=== TASK MATERIAL ===
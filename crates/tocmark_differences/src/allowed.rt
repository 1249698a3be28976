//! What may differ between two texts that count as the same.

/// The kinds of things that may differ, each with a few words about it.
pub const KINDS: [(&str, &str); 13] = [
    ("wrap", "white space in texts, and where lines break"),
    ("text", "the words of texts"),
    ("destinations", "where links and images lead"),
    ("titles", "titles of links and images"),
    ("labels", "labels, and how links are spelled"),
    (
        "fences",
        "whether code is fenced, and has its last line feed",
    ),
    ("levels", "levels of headings"),
    ("numbers", "first numbers of lists"),
    ("code", "code and math"),
    ("info", "info strings of fenced code"),
    ("html", "HTML"),
    ("front-matter", "what front matter says"),
    ("definitions", "link definitions"),
];

/// What may differ between two texts.
#[derive(Clone, Copy, Debug, PartialEq, Eq)]
pub struct Allowed {
    /// White space in texts and labels, and where lines break.
    pub wrap: bool,
    /// The texts of paragraphs, headings and cells, with their breaks.
    pub text: bool,
    /// Where links and images lead.
    pub destinations: bool,
    /// The titles of links and images.
    pub titles: bool,
    /// The labels of links, and how links are spelled.
    pub labels: bool,
    /// Whether code is fenced or indented, and whether code or HTML lacks its last line feed at the end of a text.
    pub fences: bool,
    /// The levels of headings.
    pub levels: bool,
    /// The first numbers of lists.
    pub numbers: bool,
    /// Code and math.
    pub code: bool,
    /// The info strings of fenced code.
    pub info: bool,
    /// HTML.
    pub html: bool,
    /// What front matter says.
    pub front_matter: bool,
    /// Which links are defined, and how.
    pub definitions: bool,
}

impl Allowed {
    /// Nothing may differ.
    pub fn nothing() -> Allowed {
        Allowed {
            wrap: false,
            text: false,
            destinations: false,
            titles: false,
            labels: false,
            fences: false,
            levels: false,
            numbers: false,
            code: false,
            info: false,
            html: false,
            front_matter: false,
            definitions: false,
        }
    }

    /// What no page shows may differ: how links are spelled and defined, whether code is fenced, and whether it lacks its last
    /// line feed.
    pub fn unrendered() -> Allowed {
        Allowed {
            labels: true,
            fences: true,
            definitions: true,
            ..Allowed::nothing()
        }
    }

    /// Allows one more kind of thing to differ. The answer is `None` if `KINDS` has no kind of this name.
    pub fn with(self, kind: &str) -> Option<Allowed> {
        let mut allowed = self;
        match kind {
            "wrap" => allowed.wrap = true,
            "text" => allowed.text = true,
            "destinations" => allowed.destinations = true,
            "titles" => allowed.titles = true,
            "labels" => allowed.labels = true,
            "fences" => allowed.fences = true,
            "levels" => allowed.levels = true,
            "numbers" => allowed.numbers = true,
            "code" => allowed.code = true,
            "info" => allowed.info = true,
            "html" => allowed.html = true,
            "front-matter" => allowed.front_matter = true,
            "definitions" => allowed.definitions = true,
            _ => return None,
        }
        Some(allowed)
    }
}
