//! Whether two texts have the same letters, which needs no reader, and where they first differ.

ghost use Rattle.std.specs.Prelude.{◌≡◌, ◌≢◌, ◌↔◌, [], IfOk};
ghost use Rattle.tocmark_differences.specs.Said.{HaveSameLetters};

use crate::compare::after_mark;
use crate::difference::{Difference, Kind};
use crate::marks::line_starts;
use std::alloc::{AllocError, Global};
use tocmark_judge::letters::have_same_letters;

/// How many characters before the first differing letter are shown, and how many from it on.
const SHOWN: (usize, usize) = (20, 40);

/// Whether a byte is an ASCII letter or belongs to a character past ASCII.
fn is_letter(byte: u8) -> bool {
    byte.is_ascii_alphabetic() || !byte.is_ascii()
}

/// The place of the first letter from this place on; the end, if there is none.
fn letter_from(text: &[u8], from: usize) -> usize {
    for at in from..text.len() {
        match text.get(at) {
            Some(byte) if is_letter(*byte) => return at,
            _ => {}
        }
    }
    text.len()
}

/// Where the letters of two texts first differ: at a letter, or at the end of the text that has no more letters.
fn parting(old: &[u8], new: &[u8]) -> (usize, usize) {
    let (mut was, mut is) = (letter_from(old, 0), letter_from(new, 0));
    for _ in 0..old.len() {
        if was >= old.len() || old.get(was).copied() != new.get(is).copied() {
            break;
        }
        was = letter_from(old, was.saturating_add(1));
        is = letter_from(new, is.saturating_add(1));
    }
    (was, is)
}

/// Where the character begins that has this byte.
fn character_start(text: &str, at: usize) -> usize {
    for back in 0..4usize {
        let start = at.saturating_sub(back);
        if text.is_char_boundary(start) {
            return start;
        }
    }
    at
}

/// Where the letters before this place end.
fn end_of_letters(text: &[u8], at: usize) -> usize {
    let front = text.get(..at).unwrap_or(&[]);
    let mut end = at;
    for byte in front.iter().rev() {
        if is_letter(*byte) {
            break;
        }
        end = end.saturating_sub(1);
    }
    end
}

/// Whether a place is inside a word.
fn is_in_word(text: &str, at: usize) -> bool {
    let before = text.get(..at).unwrap_or("").chars().next_back();
    let after = text.get(at..).unwrap_or("").chars().next();
    match (before, after) {
        (Some(one), Some(other)) => !one.is_whitespace() && !other.is_whitespace(),
        _ => false,
    }
}

/// The place after the white space at this place.
fn after_white(text: &str, at: usize) -> usize {
    let mut end = at;
    for c in text.get(at..).unwrap_or("").chars() {
        if !c.is_whitespace() {
            break;
        }
        end = end.saturating_add(c.len_utf8());
    }
    end
}

/// The bytes of the word round this place, as far as they are near.
fn word_round(text: &str, at: usize) -> (usize, usize) {
    let (mut from, mut to) = (at, at);
    for c in text.get(..at).unwrap_or("").chars().rev().take(SHOWN.0) {
        if c.is_whitespace() {
            break;
        }
        from = from.saturating_sub(c.len_utf8());
    }
    for c in text.get(at..).unwrap_or("").chars().take(SHOWN.1) {
        if c.is_whitespace() {
            break;
        }
        to = to.saturating_add(c.len_utf8());
    }
    (from, to)
}

/// The bytes of the word at a place, or of the next one, unless the other text goes on inside a word.
fn word_at(text: &str, at: usize, is_inside: bool) -> (usize, usize) {
    if is_inside {
        return word_round(text, at);
    }
    let start = after_white(text, at);
    if start >= text.len() {
        return (start, start);
    }
    word_round(text, start)
}

/// The words round the place after the last common letter, or after that the first ones of which one has the letter that
/// differs. Both are at the same place in the order of letters.
fn words_apart(old: &str, new: &str, letters: (usize, usize)) -> ((usize, usize), (usize, usize)) {
    let (mut at, mut other) = (
        end_of_letters(old.as_bytes(), letters.0),
        end_of_letters(new.as_bytes(), letters.1),
    );
    for _ in 0..old.len() {
        let is_inside = is_in_word(old, at) || is_in_word(new, other);
        let (was, is) = (word_at(old, at, is_inside), word_at(new, other, is_inside));
        if was.1 > letters.0 || is.1 > letters.1 || (was.1 <= at && is.1 <= other) {
            return (was, is);
        }
        (at, other) = (was.1, is.1);
    }
    (word_at(old, at, false), word_at(new, other, false))
}

/// The line of a byte, counted from 1; at the end, the last line.
fn line_of(alloc: Global, text: &str, at: usize) -> Result<usize, AllocError> {
    let at = at.min(text.len().saturating_sub(1));
    let starts = line_starts(alloc, text)?;
    Ok(starts.partition_point(|start| *start <= at))
}

/// The first difference between the letters of two texts that have not the same ones.
fn first_difference(alloc: Global, old: &str, new: &str) -> Result<Difference, AllocError> {
    let (was, is) = parting(old.as_bytes(), new.as_bytes());
    let letters = (character_start(old, was), character_start(new, is));
    let (was, is) = words_apart(old, new, letters);
    let (old_line, new_line) = (line_of(alloc, old, was.0)?, line_of(alloc, new, is.0)?);
    Ok(Difference {
        kind: Kind::Letters,
        what: "letters",
        before: (0, 0),
        old: (old_line, old_line),
        new: (new_line, new_line),
        was: String::from_str(alloc, old.get(was.0..was.1).unwrap_or(""))?,
        is: String::from_str(alloc, new.get(is.0..is.1).unwrap_or(""))?,
    })
}

/// A list of one difference.
fn only(alloc: Global, difference: Difference) -> Result<Vec<Difference>, AllocError>
    ensures { IfOk result (λ all. all.items ≢ []) }
{
    let mut all = Vec::new(alloc);
    all.push(difference)?;
    Ok(all)
}

/// The first difference between the letters of two texts. There is none exactly if both have the same letters in the same order
/// (`same`).
///
/// The letters are those of ASCII and all characters past ASCII. So this rests on no parser, and holds in any kind of Markdown. A
/// byte order mark at the front is no letter. It fails if memory runs out.
///
/// ```
/// assert!(rt; compared_letters(alloc, "* *a* b\n", "- _a_\n  b\n")?.is_empty());
/// let found = compared_letters(alloc, "a\nthe words.\n", "a the word.\n\nEnd\n")?;
/// assert_eq!(rt; (found[0].was.as_str(), found[0].is.as_str()), ("words.", "word."));
/// assert_eq!(rt; (found[0].old, found[0].new), ((2, 2), (1, 1)));
/// ```
pub fn compared_letters(alloc: Global, old: &str, new: &str) -> Result<Vec<Difference>, AllocError>
    ensures same { IfOk result (λ all. (all.items ≡ []) ↔ HaveSameLetters old.now new.now) }
{
    let (old, new) = (after_mark(old), after_mark(new));
    if have_same_letters(old, new) {
        return Ok(Vec::new(alloc));
    }
    only(alloc, first_difference(alloc, old, new)?)
}
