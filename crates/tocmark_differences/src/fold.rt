//! Counts each run of white space in texts as one blank.

ghost use Rattle.std.specs.Prelude.{◌≡◌, ◌++◌, ◌∷◌, [], false, IfOk, OnOk};
ghost use Rattle.tocmark_event.specs.Text.{text_of};
ghost use Rattle.tocmark_event.specs.View.{Leaf, SoftBreak, Start, Text, event_view, tag_view};
ghost use Rattle.tocmark_compare.specs.Given.{given_events};
ghost use Rattle.tocmark_judge.specs.Same.{after, at_front, folded, folded_event};
ghost use Rattle.tocmark_differences.specs.Spots.{spot_view};

use std::alloc::{AllocError, Global};
use tocmark_event::event::{CowStr, Event, Tag};
use tocmark_judge::summary::{fold_label, keeps_lines, push_folded};

/// Where the next event is.
#[derive(Clone, Copy)]
struct Spot {
    /// In a block whose text keeps its lines.
    is_raw: bool,
    is_behind_white: bool,
}

/// Events with folded white space, beside their bytes.
#[derive(Drop)]
struct Folding {
    events: Vec<(Event<'static>, (usize, usize))>,
    spot: Spot,
}

impl Folding {
    /// Adds an event that counts as it is.
    fn add_plain(
        &mut self,
        alloc: Global,
        pair: &(Event<'static>, (usize, usize)),
        is_raw: bool,
    ) -> Result<(), AllocError>
        ensures events { OnOk result (given_events self.new.events.items
            ≡ given_events self.old.events.items ++ event_view text_of pair.now.0 ∷ []) }
        ensures spot { OnOk result (spot_view self.new.spot
            ≡ record { raw = is_raw; behind = false }) }
    {
        self.spot = Spot {
            is_raw,
            is_behind_white: false,
        };
        self.events.push((pair.0.to_static(alloc)?, pair.1))?;
        Ok(())
    }

    /// Adds a start, in which a label is folded.
    fn add_start(
        &mut self,
        alloc: Global,
        tag: &Tag<'static>,
        range: (usize, usize),
    ) -> Result<(), AllocError>
        ensures events { OnOk result (given_events self.new.events.items
            ≡ given_events self.old.events.items
            ++ folded_event (spot_view self.old.spot) (Start (tag_view text_of tag.now))) }
        ensures spot { OnOk result (spot_view self.new.spot
            ≡ after (spot_view self.old.spot) (Start (tag_view text_of tag.now))) }
    {
        self.spot = Spot {
            is_raw: keeps_lines(tag),
            is_behind_white: false,
        };
        let mut copy: Tag<'static> = tag.copied(alloc)?;
        fold_label(alloc, &mut copy)?;
        self.events.push((Event::Start(copy), range))?;
        Ok(())
    }

    /// Adds a text outside of blocks that keep their lines, unless nothing is left of it.
    fn add_text(
        &mut self,
        alloc: Global,
        text: &str,
        range: (usize, usize),
    ) -> Result<(), AllocError>
        ensures events { self.old.spot.is_raw ≡ false → OnOk result (
            given_events self.new.events.items ≡ given_events self.old.events.items
            ++ folded_event (spot_view self.old.spot) (Leaf (Text text.now))) }
        ensures spot { self.old.spot.is_raw ≡ false → OnOk result (spot_view self.new.spot
            ≡ after (spot_view self.old.spot) (Leaf (Text text.now))) }
    {
        let mut folded = String::new(alloc);
        let is_behind_white = push_folded(&mut folded, text, self.spot.is_behind_white)?;
        self.spot = Spot {
            is_raw: false,
            is_behind_white,
        };
        if folded.as_str().is_empty() {
            return Ok(());
        }
        self.events
            .push((Event::Text(CowStr::Owned(folded)), range))?;
        Ok(())
    }

    /// Adds a soft break: a blank, unless it comes after white space.
    fn add_break(&mut self, range: (usize, usize)) -> Result<(), AllocError>
        ensures events { OnOk result (given_events self.new.events.items
            ≡ given_events self.old.events.items
            ++ folded_event (spot_view self.old.spot) (Leaf SoftBreak)) }
        ensures spot { OnOk result (spot_view self.new.spot
            ≡ after (spot_view self.old.spot) (Leaf SoftBreak)) }
    {
        let spot = self.spot;
        self.spot = Spot {
            is_raw: spot.is_raw,
            is_behind_white: true,
        };
        if spot.is_behind_white {
            return Ok(());
        }
        self.events
            .push((Event::Text(CowStr::Borrowed(" ")), range))?;
        Ok(())
    }

    /// Adds an event.
    fn add(
        &mut self,
        alloc: Global,
        pair: &(Event<'static>, (usize, usize)),
    ) -> Result<(), AllocError>
        ensures events { OnOk result (given_events self.new.events.items
            ≡ given_events self.old.events.items
            ++ folded_event (spot_view self.old.spot) (event_view text_of pair.now.0)) }
        ensures spot { OnOk result (spot_view self.new.spot
            ≡ after (spot_view self.old.spot) (event_view text_of pair.now.0)) }
    {
        match &pair.0 {
            Event::Start(tag) => self.add_start(alloc, tag, pair.1),
            Event::End(_) => self.add_plain(alloc, pair, false),
            Event::Text(text) if !self.spot.is_raw => self.add_text(alloc, text.as_ref(), pair.1),
            Event::SoftBreak => self.add_break(pair.1),
            _ => self.add_plain(alloc, pair, self.spot.is_raw),
        }
    }
}

/// Copies of events with folded white space, beside their bytes. It fails if memory runs out.
pub fn folded(
    alloc: Global,
    events: &[(Event<'static>, (usize, usize))],
) -> Result<Vec<(Event<'static>, (usize, usize))>, AllocError>
    ensures { IfOk result (λ all.
        given_events all.items ≡ folded at_front (given_events events.now)) }
{
    let mut folding = Folding {
        events: Vec::new(alloc),
        spot: Spot {
            is_raw: false,
            is_behind_white: false,
        },
    };
    for pair in events {
        folding.add(alloc, pair)?;
    }
    let Folding { events, .. } = folding;
    Ok(events)
}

=== ABOUT THIS EXERCISE ===
Return a copy of each line in the entries that carries the string "beside".

=== SOLUTION TO THE PROBLEM ===
/// Events with folded white space, beside their bytes.
/// Copies of events with folded white space, beside their bytes. It fails if memory runs out.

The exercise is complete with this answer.